To prevent sandbagging in World of Outlaws sprint car races, the winner and runner-up in each heat race, along with the two fastest qualifiers who have qualified for the feature but are not one of the top two drivers, participate in a short heat race-length race that determines the starting order for the first ten (or twelve if there are five heat races) starting positions in the feature.

==Demolition derby==
In demolition derby, a driver may hit other cars weakly or avoid contact with other cars to lessen the damage to their cars to ensure better odds of surviving to win the derby as the last car running. Events often require a car to hit another car within a certain time limit, usually every 120 seconds or less, or be disqualified.

==Rallying==
In some rallying series such as the World Rally Championship, the starting order in each race leg is determined by the overall standings of the previous leg. Because some track surfaces are faster once a few cars have passed, leading drivers may slow down in the final meters of the last stage of the first (and sometimes second) leg of the race and therefore let others clean the track the next leg.

==BMX racing==
In BMX racing in the US, there are typically three levels of proficiency for amateur riders (ABA: Novice, Intermediate, Expert; NBL: Rookie, Novice, Expert). Generally, a racer is considered to be sandbagging when they deliberately avoid winning races, thus avoiding so-called "move up points" (which require a rider to race the next highest proficiency after a given number of races won). Sandbagging in BMX Racing is often practiced to ensure the rider stays at a lower proficiency long enough to compete in the NBL or ABA Grand National (held each year in September and November, respectively). This race is traditionally when year-end titles and awards are decided. Deliberate sandbagging is difficult to prove and, though track personnel have the authority to report such activity to their respective sanctioning body, disciplinary action or involuntary reclassification is seemingly quite rare. Sandbagging is a hotly debated issue in the BMX Racing community, and is such taboo that "call out threads" are sometimes started on message boards to publicly alert others in the community of a specific rider's conduct.

==Video games==
Sandbagging is also prevalent in some racing games, particularly those that feature power-ups that either aid the user or hinder the opponent. In the Mario Kart video game series, players will sometimes sandbag to get powerful items such as the Star or Lightning in order to batter the other racers, take shortcuts or defend themselves from other oncoming items.

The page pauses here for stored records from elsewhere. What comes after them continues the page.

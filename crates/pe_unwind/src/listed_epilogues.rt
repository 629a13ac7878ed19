//! Finds the epilogues of version 2, which the first unwind codes of an info list, and the rules in them.

ghost use Rattle.std.specs.Prelude.{◌≡◌, ◌≤◌, ◌<◌, ℕ, false, is_some};
ghost use Rattle.pe_unwind.specs.ListedEpilogues.{all_left, code_left, codes_left, distance_of, epilogue_info};
ghost use Rattle.pe_unwind.specs.ListedEpilogues.{in_listed, in_others, infos_left, listed_rules, offset_in, pop_left};
ghost use Rattle.pe_unwind.specs.ListedEpilogues.{pop_size, pushed, rules_left};

use crate::registers::{Register, index};
use crate::rules::{FunctionUnwind, Rules, Unwound, at_first, popped, rules_of, with_saved};
use crate::unwind_codes::{Operation, UnwindCode};
use crate::unwind_info::UnwindInfo;

/// The state while an epilogue's pops are followed.
#[derive(Clone, Copy)]
struct Popping {
    /// How many bytes of the remaining pops have already run.
    run: u32,
    /// The state after the earlier pops that haven't run.
    unwound: Unwound,
}

/// The rules at an offset of a function, if it is in a listed epilogue.
pub(crate) fn listed_rules(function: &FunctionUnwind, offset: u32) -> Option<Rules>
    ensures answer { result ≡ listed_rules function.now offset }
{
    let size = function.end.saturating_sub(function.begin);
    let behind_start = in_listed(size, offset, &function.own.codes)?;
    Some(rules_left(function, behind_start))
}

/// Whether an offset of a function is in a listed epilogue.
pub(crate) fn is_listed(function: &FunctionUnwind, offset: u32) -> bool
    ensures answer { result ≡ is_some (listed_rules function.now offset) }
{
    let size = function.end.saturating_sub(function.begin);
    in_listed(size, offset, &function.own.codes).is_some()
}

/// The first offset at or after a given one that is in a listed epilogue, or the end if there is none before it.
pub(crate) fn next_listed(function: &FunctionUnwind, from: u32, end: u32) -> u32
    requires { from ≤ end }
    ensures from { from ≤ result }
    ensures within { result ≤ end }
    ensures none { (at : ℕ) → at < result → from ≤ at → is_some (listed_rules function.now at) ≡ false }
{
    for at in from..end {
        if is_listed(function, at) {
            return at;
        }
    }
    end
}

// The operation info of a code, if it lists an epilogue.
fn epilogue_info(operation: Operation) -> Option<u8>
    ensures { result ≡ epilogue_info operation }
{
    match operation {
        Operation::Epilogue(info) => Some(info),
        _ => None,
    }
}

// The register of a code, if it says that one was pushed.
fn pushed(operation: Operation) -> Option<Register>
    ensures { result ≡ pushed operation }
{
    match operation {
        Operation::Push(register) => Some(register),
        _ => None,
    }
}

// The distance of an offset from the start of an epilogue, if it is in that epilogue.
fn offset_in(function_size: u32, size: u8, distance: u32, offset: u32) -> Option<u32>
    ensures { result ≡ offset_in function_size size distance offset }
{
    if function_size < distance {
        return None;
    }
    let start = function_size - distance;
    if start <= offset && offset - start < u32::from(size) {
        return Some(offset - start);
    }
    None
}

// The distance of an epilogue's start from the function's end, by a code after the first one.
fn distance_of(low: u8, high: u8) -> u32
    ensures { result ≡ distance_of low high }
{
    u32::from(low) + u32::from(high) * 256
}

// The distance of an offset from the start of its epilogue, if codes after the first one list that.
fn in_others(function_size: u32, size: u8, offset: u32, codes: &[UnwindCode]) -> Option<u32>
    ensures { result ≡ in_others function_size size offset codes.now }
{
    for &code in codes {
        let info = epilogue_info(code.operation)?;
        let distance = distance_of(code.offset, info);
        if let Some(found) = offset_in(function_size, size, distance, offset) {
            return Some(found);
        }
    }
    None
}

// The distance of an offset from the start of its epilogue, if it is in a listed one.
fn in_listed(function_size: u32, offset: u32, codes: &[UnwindCode]) -> Option<u32>
    ensures { result ≡ in_listed function_size offset codes.now }
{
    let (first, others) = codes.split_first()?;
    let info = epilogue_info(first.operation)?;
    let size = first.offset;
    if info % 2 == 1
        && let Some(found) = offset_in(function_size, size, u32::from(size), offset)
    {
        return Some(found);
    }
    in_others(function_size, size, offset, others)
}

// The size of the pop of a register in bytes.
fn pop_size(register: Register) -> u32
    ensures { result ≡ pop_size register }
{
    if index(register) < 8 { 1 } else { 2 }
}

// The state after the pop of a register, which is skipped if it has already run. `run` is how many bytes of it and of
// the later pops have.
fn pop_left(run: u32, register: Register, unwound: Unwound) -> Unwound
    ensures { result ≡ pop_left run register unwound }
{
    if pop_size(register) <= run {
        return unwound;
    }
    popped(8, with_saved(register, unwound.stack, unwound))
}

// The state after a code, if it says that a register was pushed.
fn code_left(register: Option<Register>, popping: Popping) -> Popping
    ensures { result ≡ code_left register popping }
{
    match register {
        None => popping,
        Some(register) => Popping {
            run: popping.run.saturating_sub(pop_size(register)),
            unwound: pop_left(popping.run, register, popping.unwound),
        },
    }
}

// The state after some codes.
fn codes_left(codes: &[UnwindCode], popping: Popping) -> Popping
    ensures { result ≡ codes_left codes.now popping }
{
    let mut left = popping;
    for &code in codes {
        left = code_left(pushed(code.operation), left);
    }
    left
}

// The state after the codes of some infos.
fn infos_left(infos: &[UnwindInfo], popping: Popping) -> Popping
    ensures { result ≡ infos_left infos.now popping }
{
    let mut left = popping;
    for info in infos {
        left = codes_left(&info.codes, left);
    }
    left
}

// The state before any pop is followed, when `run` bytes of the epilogue have already run.
fn all_left(run: u32) -> Popping
    ensures { result ≡ all_left run }
{
    Popping {
        run,
        unwound: at_first(),
    }
}

// The rules at a distance of `run` bytes from the start of an epilogue.
fn rules_left(function: &FunctionUnwind, run: u32) -> Rules
    ensures { result ≡ rules_left function.now run }
{
    let own = codes_left(&function.own.codes, all_left(run));
    let popping = infos_left(&function.parents, own);
    rules_of(popping.unwound)
}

Team Race Sandbagging has become infamous with players holding back and getting the Lightning Item, which only affects racers on the opposing team, allowing the user's team to get a clear advantage. In Sonic & Sega All-Stars Racing, players may sandbag in order to get the powerful All-Star Moves, just to use them on the other players.

==RC car racing==
In radio controlled car racing, participants can usually choose the classes in which they want to compete. Many tracks have levels such as rookie, sportsman, intermediate, and expert, for the same type of vehicle. So a driver may claim to be at the sportsman level when in fact they are easily fast enough to be competitive in intermediate, but they know they will have a much easier time winning if they compete in the lower class. This may happen more often at larger races that award trophies and other prizes, compared with local club races that usually award the winner only with a podium photo. Sandbagging is frowned upon by track owners and fellow competitors since it is clearly not a fair way to compete, so some race directors will bump someone up or ask them to move up if they feel they are in the wrong class. Some tracks have explicit rules where you have to bump up if you have won a certain number of races in one class. Often apparent sandbagging is not intentional, and is actually the result of someone sincerely misjudging their own skill level. This can happen if someone is new to the track and doesn't know their level in comparison to others, or if they have not competed for some time and are not sure they can immediately regain their previous skill level.